The two parental mutant lines were cultivated in our laboratory to create an appropriate mapping population for constructing a high-density linkage map [2, 34]. The originating line of HTS-1, CSTP, belongs to a population subgroup distinct from CM28TP, based on an analysis with sequence-related amplified polymorphism (SRAP) markers [34]. Thus, the founder parents were expected to yield F1 hybrids sufficiently heterozygous for generating an informative F2 mapping population. Additionally, Pis1 interference can be excluded when mapping hts because both parents possess Pis1. We screened 1,457,623 SNPs from CM28TP and HTS-1; from these, 2684 polymorphic bin markers were identified for high-density linkage map construction. Bin-marker distribution across 21 linkage groups corresponded to the base chromosome number (n = 21) of common wheat. The total map length (2779.96 cM) was longer than a previous CM28 × CM28TP linkage map (2371.4 cM) constructed on the basis of 200 F2 plants and using 1987 bin markers [19]. The 2684 SNPs markers were identified across the three wheat genomes A, B, and D. The highest number of markers was found in the A genome, while the lowest was found in the D genome. In particular, only 11 markers were found for 4D. This poor representation of the D genome indicates a lower genetic diversity due to the low frequency of recombination and polymorphism [35, 36].

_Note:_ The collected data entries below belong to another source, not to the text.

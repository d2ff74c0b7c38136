//! Notes that start on a player.
ghost use Rattle.std.specs.Prelude.{◌≡◌, pos};
ghost use Rattle.sfbank_c.specs.BankSlots as banks_of;
ghost use Rattle.sfbank_c.specs.BankSlots.{bank_in};
ghost use Rattle.sfbank_c.specs.Starts.{joined, new_voices, note_status, started};

use crate::bank_handle::BankHandle;
use crate::bank_slots::{put_bank, take_bank};
use crate::open_player::OpenPlayer;
use crate::status::{BAD_NOTE, OK, OUT_OF_MEMORY};
use bank_core::Bank;
use base_progress::NoReports;
use script_notes::Note;
use std::alloc::Global;

/// Starts a note on the bank of a handle, and returns the status. A note with an id is pressed.
pub(crate) fn start_on(
    alloc: Global,
    player: &mut OpenPlayer,
    banks: &mut [BankHandle],
    note: Option<Note>,
    id: Option<u64>,
) -> i32
    ensures status { (result ≡ OUT_OF_MEMORY → ⊥) → result ≡ banks_of.open_status banks.old (note_status note) }
    ensures memory { result ≡ OUT_OF_MEMORY → banks_of.open_status banks.old (note_status note) ≡ pos 0 }
    ensures started { result ≡ pos 0 → player.new ≡ started banks.old id note player.old }
    ensures refused { (result ≡ pos 0 → ⊥) → player.new ≡ player.old }
    ensures bank { bank_in banks.new ≡ bank_in banks.old }
{
    match take_bank(alloc, banks) {
        Ok(bank) => {
            let status = start_note(alloc, player, bank.session.bank(), note, id);
            put_bank(banks, bank);
            status
        }
        Err(why) => why,
    }
}

// Starts a note on a bank, and returns the status.
fn start_note(
    alloc: Global,
    player: &mut OpenPlayer,
    bank: &Bank<'static>,
    note: Option<Note>,
    id: Option<u64>,
) -> i32
    ensures status { (result ≡ OUT_OF_MEMORY → ⊥) → result ≡ note_status note }
    ensures memory { result ≡ OUT_OF_MEMORY → note_status note ≡ pos 0 }
    ensures started { result ≡ pos 0 → player.new ≡ joined (new_voices id note bank.now) player.old }
    ensures refused { (result ≡ pos 0 → ⊥) → player.new ≡ player.old }
{
    let Some(note) = note else {
        return BAD_NOTE;
    };
    let started = match id {
        Some(id) => player.player.press(alloc, bank, &note, id, &mut NoReports),
        None => player.player.start(alloc, bank, &note),
    };
    match started {
        Ok(()) => OK,
        Err(_) => OUT_OF_MEMORY,
    }
}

Using the constructed linkage map, we were able to identify and map hts, locating it on chromosome 4A between GBS-SNP markers 4_109 and 4A_119 (genetic distance: 2.0 cM, physical distance: 5.2 Mb). We then identified a gene, TaWin1, upregulated in HTS-1 PS and P. The sequence of TaWin1 showed high similarity in CM28TP and HTS-1, in particular, their ORF sequences were identical, with only two T nucleotides inserted downstream of the ORF in HTS-1. However, this gene had unusually high expression during the pistil and stamen-differentiating stages of HTS-1 and was primarily expressed in PS. Therefore, we speculate that the pistillody trait is not caused by a change in the amino acid sequence of TaWIN1 but may be related to the overexpression of the TaWin1 gene in wheat. It remains to be studied whether the insertion of the two T nucleotides downstream of the ORF in HTS-1 is the cause of TaWin1 overexpression.

The Win gene was first isolated from potato and Win is mainly involved in wound-healing mechanisms. Ethylene upregulates Win-encoded mRNA [37, 38]. Numerous studies have shown that exogenous ethylene induces male sterility (cytoplasmic, nuclear, or thermosensitive) in many crops, including wheat, specifically through altering endogenous ethylene content [39,40,41]. However, we have no direct data on the role of Win in flower development. Therefore, future studies should examine the relationship between ethylene, pistillody, and Win genes in detail.

Conclusion

In the present study, we constructed a high-density linkage map using the F2 population of a cross between HTS-1 and CM28TP. Using this linkage map, we mapped hts between GBS-SNP markers 4A_109 and 4A_119, separated by a genetic distance of 2.0 cM and a physical distance of 5.2 Mb. Of the 752 protein-coding genes around the two markers, we identified TaWin1 as the possible candidate gene for hts. Real-time PCR supported this conclusion through demonstrating extremely high expression of TaWin1 gene during the pistil-and-stamen-differentiating stage of HTS-1, as well as preferential expression in PS.Therefore, overexpression of TaWin1 in the wheat mutant likely results in the transformation of stamens into pistils.